= Rupert Momin =

Indian politician

Rupert Momin (born 8 March 1974) is an Indian politician from Meghalaya. He is a member of the Meghalaya Legislative Assembly from the Kharkutta Assembly constituency, which is reserved for Scheduled Tribe community, in North Garo Hills district. He won the 2023 Meghalaya Legislative Assembly election representing the National People's Party.

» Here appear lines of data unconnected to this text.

ghost use Rattle.std.specs.Prelude.{◌≡◌, IfOk, length};
ghost use Rattle.shop_model.specs.population.Population as spec;
ghost use Rattle.shop_model.specs.rows.Sound.{Room, Sound};

use crate::addresses::addresses_table;
use crate::authors::authors_table;
use crate::countries::countries_table;
use crate::customers::customers_table;
use crate::items::items_table;
use crate::last_orders::last_orders_table;
use crate::orders::orders_table;
use shop_model::{Scale, Tables};
use shop_text::{Listed, Memory};
use std::alloc::Global;

/// The tables that a shop of this scale opens with, each row drawn from the seed and its own id.
#[tactic(auto, unfolding(shop_model::specs::population::Population::populated))]
pub fn populate(alloc: Global, seed: u32, scale: &Scale) -> Result<Tables, Memory>
    ensures value { IfOk result (λ tables. tables ≡ spec.populated seed scale.now) }
    ensures sound { IfOk result Sound }
    ensures room { IfOk result (λ tables. Room tables 1_000_001) }
    ensures born { IfOk result (λ tables. tables.born_orders ≡ length tables.orders) }
    ensures born_items { IfOk result (λ tables. tables.born_items ≡ length tables.items) }
{
    let countries = countries_table(alloc)?;
    let addresses = addresses_table(alloc, seed, scale)?;
    let customers = customers_table(alloc, seed, scale)?;
    let authors = authors_table(alloc, seed, scale)?;
    let items = items_table(alloc, seed, scale)?;
    let orders = orders_table(
        alloc,
        seed,
        scale,
        customers.as_slice(),
        addresses.as_slice(),
        items.as_slice(),
    )?;
    let last = last_orders_table(alloc, scale.customers, orders.as_slice())?;
    Ok(Tables {
        countries,
        addresses,
        customers,
        authors,
        items,
        orders,
        carts: Listed::new(alloc),
        born_orders: scale.orders,
        born_items: scale.items,
        last,
    })
}
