ghost use Rattle.std.specs.Prelude.{◌≡◌};
ghost use Rattle.shop_model.specs.rows.Sound.{Has};
ghost use Rattle.shop_model.specs.population.Population as spec;

use shop_model::{Address, Customer, Item, Scale};
use shop_text::Shared;

/// The customer with this id among those of the shop.
#[tactic(auto, using(shop_model::proofs::cited::Lists::id_within, shop_model::proofs::cited::Lists::row_at), unfolding(shop_model::specs::population::Population::customers_table))]
pub(crate) fn customer_at<'a>(
    seed: u32,
    scale: &Scale,
    customers: &'a [Customer],
    id: u32,
) -> &'a Customer
    requires table { customers.now ≡ spec.customers_table seed scale.now }
    requires has { Has scale.now.customers id }
    ensures value { result.now ≡ spec.customer_row seed scale.now id }
    ensures known { Has scale.now.addresses result.now.address }
{
    let _addresses = scale.addresses;
    &customers[(id - 1) as usize]
}

/// The address with this id among those of the shop.
#[tactic(auto, using(shop_model::proofs::cited::Lists::id_within, shop_model::proofs::cited::Lists::row_at), unfolding(shop_model::specs::population::Population::addresses_table))]
pub(crate) fn address_at<'a>(
    seed: u32,
    scale: &Scale,
    addresses: &'a [Shared<Address>],
    id: u32,
) -> &'a Address
    requires table { addresses.now ≡ spec.addresses_table seed scale.now }
    requires has { Has scale.now.addresses id }
    ensures { result.now ≡ spec.address_row seed scale.now id }
{
    addresses[(id - 1) as usize].get()
}

/// The item with this id among those of the shop.
#[tactic(auto, using(shop_model::proofs::cited::Lists::id_within, shop_model::proofs::cited::Lists::row_at), unfolding(shop_model::specs::population::Population::items_table))]
pub(crate) fn item_at<'a>(seed: u32, scale: &Scale, items: &'a [Item], id: u32) -> &'a Item
    requires table { items.now ≡ spec.items_table seed scale.now }
    requires has { Has scale.now.items id }
    ensures { result.now ≡ spec.item_row seed scale.now id }
{
    &items[(id - 1) as usize]
}
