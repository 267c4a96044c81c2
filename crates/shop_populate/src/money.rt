ghost use Rattle.std.specs.Prelude.{◌≡◌, ◌≤◌, ◌*◌, length};
ghost use Rattle.shop_model.specs.trade.Money as spec;

use shop_model::Line;
use std::marker::Model;

/// What an order is charged, in cents.
#[derive(Drop)]
pub struct Charge {
    pub sub: u64,
    pub tax: u64,
    pub ship: u64,
    pub total: u64,
}

impl Model for Charge {
    ghost use Rattle.shop_model.specs.trade.Money.{Money};

    ghost Value = { Money };

    ghost view = { λ c. record { sub = c.sub; tax = c.tax; ship = c.ship; total = c.total } };
}

/// The costs of all units, in cents.
#[tactic(auto, unfolding(shop_model::specs::trade::Money::sum_of))]
fn sum_of(lines: &[Line]) -> u64
    requires { length lines.now ≤ 100 }
    ensures value { result ≡ spec.sum_of lines.now }
    ensures bound { result ≤ 100 * 999_000_000 }
{
    let mut sum: u64 = 0;
    for line in lines {
        sum += line.cost * line.quantity as u64;
    }
    sum
}

#[tactic(auto, unfolding(shop_model::specs::trade::Money::units_of))]
fn units_of(lines: &[Line]) -> u64
    requires { length lines.now ≤ 100 }
    ensures value { result ≡ spec.units_of lines.now }
    ensures bound { result ≤ 99_900 }
{
    let mut units: u64 = 0;
    for line in lines {
        units += line.quantity as u64;
    }
    units
}

/// The charge for lines at a discount, in per cent, and a rate of tax, in hundredths of a per cent.
#[tactic(auto, unfolding(shop_model::specs::trade::Money::money, shop_model::specs::trade::Money::sub_of, shop_model::specs::trade::Money::tax_of, shop_model::specs::trade::Money::ship_of))]
pub(crate) fn charged(lines: &[Line], discount: u32, rate: u32) -> Charge
    requires few { length lines.now ≤ 100 }
    requires discount { discount ≤ 50 }
    requires rate { rate ≤ 1_000 }
    ensures value { result ≡ spec.totals lines.now discount rate }
    ensures bound { result.total ≤ 200_000_000_000 }
{
    let sum = sum_of(lines);
    let sub = (2 * sum * (100 - discount as u64) + 100) / 200;
    let tax = (2 * sub * rate as u64 + 10_000) / 20_000;
    let ship = 300 + 100 * units_of(lines);
    Charge {
        sub,
        tax,
        ship,
        total: sub + tax + ship,
    }
}
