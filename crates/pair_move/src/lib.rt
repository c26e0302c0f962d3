// One of two parties goes a step, or takes its last step back.
#![tactic(auto)]

ghost use Rattle.std.specs.Prelude.{List, [], ◌∷◌, ◌++◌, ◌≡◌, ℕ, suc, ◌+◌, ◌-◌, ◌%◌, ◌^◌, ◌<◌, nat_abs, length};
ghost use Rattle.answer.specs.Limits.{no_meeting};
ghost use Rattle.grid.specs.declared.Corner.{Corner as Node};
ghost use Rattle.grid.specs.Grid.{same, stepped, corners_from, end_from};
ghost use Rattle.grid.specs.Tree.{path_of};
ghost use Rattle.layout.specs.Table.{neighbour_word};
ghost use Rattle.lists.specs.Lists.{count};
ghost use Rattle.pair_table.specs.Slots.{Slot, needs_of, placed_all, settle};
ghost use Rattle.pair_table_laws.specs.Hold.{Both, words_in};
ghost use Rattle.pair_table_laws.specs.Stores.{pair_visit_in, pair_tread_in};
ghost use Rattle.pair_words.specs.Places.{InTable};
ghost use Rattle.walk_step.specs.Tallies.{TallyIs};
ghost use Rattle.pair_move.specs.Moves.{first_after, second_after, fresh_party, PartyIs, Moves, Moving, Withdrawing, StepCounted, Arrives, Arriving, PairAdvanced};

use grid::Corner;
use pair_child::Stock;
use pair_words::{own, word};
use walk_lookup::Lookup;
use walk_step::Tally;
use walk_table::Record;

// Where a party stands: the node's number and its corner, how many of its steps survive, and its tally.
#[derive(Clone, Copy)]
pub struct Party {
    pub node: usize,
    pub at: Corner,
    pub steps: usize,
    pub tally: Tally,
}

impl Party {
    // A party with no step, at its start.
    pub fn new(start: Corner, node: usize) -> Party
        ensures { result ≡ fresh_party start node }
    {
        let tally = Tally {
            corners: 1,
            j: Tally::NO_MEETING,
            k: Tally::NO_MEETING,
        };
        Party {
            node,
            at: start,
            steps: 0,
            tally,
        }
    }
}

// A party between two operations, and what is in use then.
#[derive(Clone, Copy)]
pub struct Stride {
    pub party: Party,
    pub stock: Stock,
}

// The tally with a visit as corner n: there were this many visits of the corner with it, the first as corner `first` - 1.
fn tallied(m: Tally, visits: u32, first: usize, n: usize) -> Tally
    requires { (m.corners < 65536) × (0 < first) × (n < no_meeting) }
    ensures { (c : Node) (ds : List ℕ) (d : ℕ) → StepCounted c ds d visits first n → TallyIs c ds m
        → TallyIs c (ds ++ (d ∷ [])) result }
{
    if visits == 1 {
        return Tally {
            corners: m.corners + 1,
            ..m
        };
    }
    if m.k == Tally::NO_MEETING {
        return Tally {
            j: first - 1,
            k: n,
            ..m
        };
    }
    m
}

// The tally without its last visit, as corner n.
fn untallied(m: Tally, visits: u32, n: usize) -> Tally
    requires { (0 < m.corners) × (n < no_meeting) }
    ensures { (c : Node) (ds : List ℕ) (d : ℕ) → (visits ≡ count (same (stepped d (end_from c ds))) (corners_from c ds) + 1)
        → n ≡ suc (length ds) → TallyIs c (ds ++ (d ∷ [])) m → TallyIs c ds result }
{
    if visits == 1 {
        return Tally {
            corners: m.corners - 1,
            ..m
        };
    }
    if m.k == n {
        return Tally {
            j: Tally::NO_MEETING,
            k: Tally::NO_MEETING,
            ..m
        };
    }
    m
}

// Party q, which stands at p, arrives at the node v by its step n in the direction d.
fn arrive(t: &mut [u32], q: usize, p: Party, v: usize, d: u8, n: usize) -> Party
    requires arriving { Arriving t.old q p v d n }
    requires at_bound { (nat_abs p.at.0 < 65536) × (nat_abs p.at.1 < 65536) × (d < 4) × (q < 2) × (n < no_meeting) }
    ensures t_after { t.new ≡ pair_tread_in q (pair_visit_in q t.old v n) p.node v d }
    ensures party_is { (slots : List Slot) (C : Both) (c : Node) (ds : List ℕ) → Arrives t.old slots C q c ds p v d n
        → PartyIs (placed_all slots (path_of (stepped d (end_from c ds)))) c (ds ++ (d ∷ [])) result }
{
    pair_words::visit(t, q, v, n);
    pair_words::tread(t, q, p.node, v, d as usize);
    let first = own(t, q, v, Record::FIRST) as usize;
    let tally = tallied(p.tally, own(t, q, v, Record::VISITS), first, n);
    let at = walk_corner::moved(p.at, d);
    Party {
        node: v,
        at,
        steps: n,
        tally,
    }
}

// One step of party q in the direction d. Answers where it stands then, or None if the table is full.
pub fn advance(t: &mut [u32], q: usize, w: Stride, d: u8) -> Option<Stride>
    requires moving { Moving t.old q w.party w.stock }
    requires at_bound { (nat_abs w.party.at.0 < 65536) × (nat_abs w.party.at.1 < 65536) × (d < 4) × (q < 2)
        × (w.party.steps + 1 < no_meeting) × (length t.old < 2 ^ 32) }
    ensures { (c e : Node) (ds es : List ℕ) (slots : List Slot) → Moves t.old c e ds es slots q w.party w.stock
        → PairAdvanced t.old c e ds es slots q d t.new result }
{
    let n = w.party.steps + 1;
    let from = Lookup {
        node: w.party.node,
        at: w.party.at,
        d,
        step: n as u32,
    };
    let to = pair_lookup::reach(t, q, w.stock, from)?;
    let party = arrive(t, q, w.party, to.node, d, n);
    Some(Stride {
        party,
        stock: to.stock,
    })
}

// The node from which the last step came, which went in the direction d to the node.
fn origin(t: &[u32], node: usize, d: u8) -> usize
    requires { InTable t.now node × (d < 4) × (0 < words_in t.now node (neighbour_word ((d + 2) % 4))) }
    ensures { result ≡ words_in t.now node (neighbour_word ((d + 2) % 4)) - 1 }
{
    let b = (d as usize + 2) % 4;
    word(t, node, Record::NEIGHBOUR + b) as usize - 1
}

// Party q before its last step, which went in the direction d.
pub fn withdraw(t: &mut [u32], q: usize, w: Stride, d: u8) -> Stride
    requires withdrawing { Withdrawing t.old q w.party w.stock d }
    requires at_bound { (nat_abs w.party.at.0 < 65536) × (nat_abs w.party.at.1 < 65536) × (d < 4) × (q < 2)
        × (w.party.steps < no_meeting) }
    ensures { (c e : Node) (ds es : List ℕ) (slots : List Slot)
        → Moves t.old c e (first_after q ds d) (second_after q es d) slots q w.party w.stock
        → Moves t.new c e ds es (settle slots (needs_of c e ds es)) q result.party result.stock }
{
    let n = w.party.steps;
    let node = w.party.node;
    let here = w.party.at;
    let after = w.party.tally;
    let way = d as usize;
    let tally = untallied(after, own(t, q, node, Record::VISITS), n);
    let from = origin(t, node, d);
    let at = walk_corner::moved(here, (d + 2) % 4);
    pair_words::untread(t, q, from, node, way);
    pair_words::unvisit(t, q, node);
    pair_back::unlink_up(t, q, from, at, way, n as u32);
    let stock = pair_back::drop_up(t, q, w.stock, node, here, n as u32);
    let party = Party {
        node: from,
        at,
        steps: n - 1,
        tally,
    };
    Stride { party, stock }
}
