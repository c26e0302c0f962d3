// What the walk of a line answers, and what the rows program writes for it: definitions, laws and cases.
#![tactic(auto)]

== Early life and education ==
Momin is from Kharkutta village, North Garo Hills district, Meghalaya. He completed his Master of Library and Information Science in 1998 at North Eastern Hill University, Shillong and his LLB at Tura Law College, Tura in 2011. His wife works as an assistant lecturer at Mendipathar College.

== Career ==
Momin won the Kharkutta Assembly constituency representing the National People's Party (India) in the 2023 Meghalaya Legislative Assembly election. He polled 17,426 votes and defeated his nearest rival, Cherak Watre Momin of the All India Trinamool Congress, by a margin of 1,530 votes. He first became an MLA winning the 2018 Meghalaya Legislative Assembly election defeating Cherak Watre Momin of the Indian National Congress, by a margin of 809 votes. Earlier, he contested as an independent candidate in the 2013 Assembly election and finished third behind the winning Congress candidate Cherak Momin, winner, and Omillo K. Sangma of the NPP.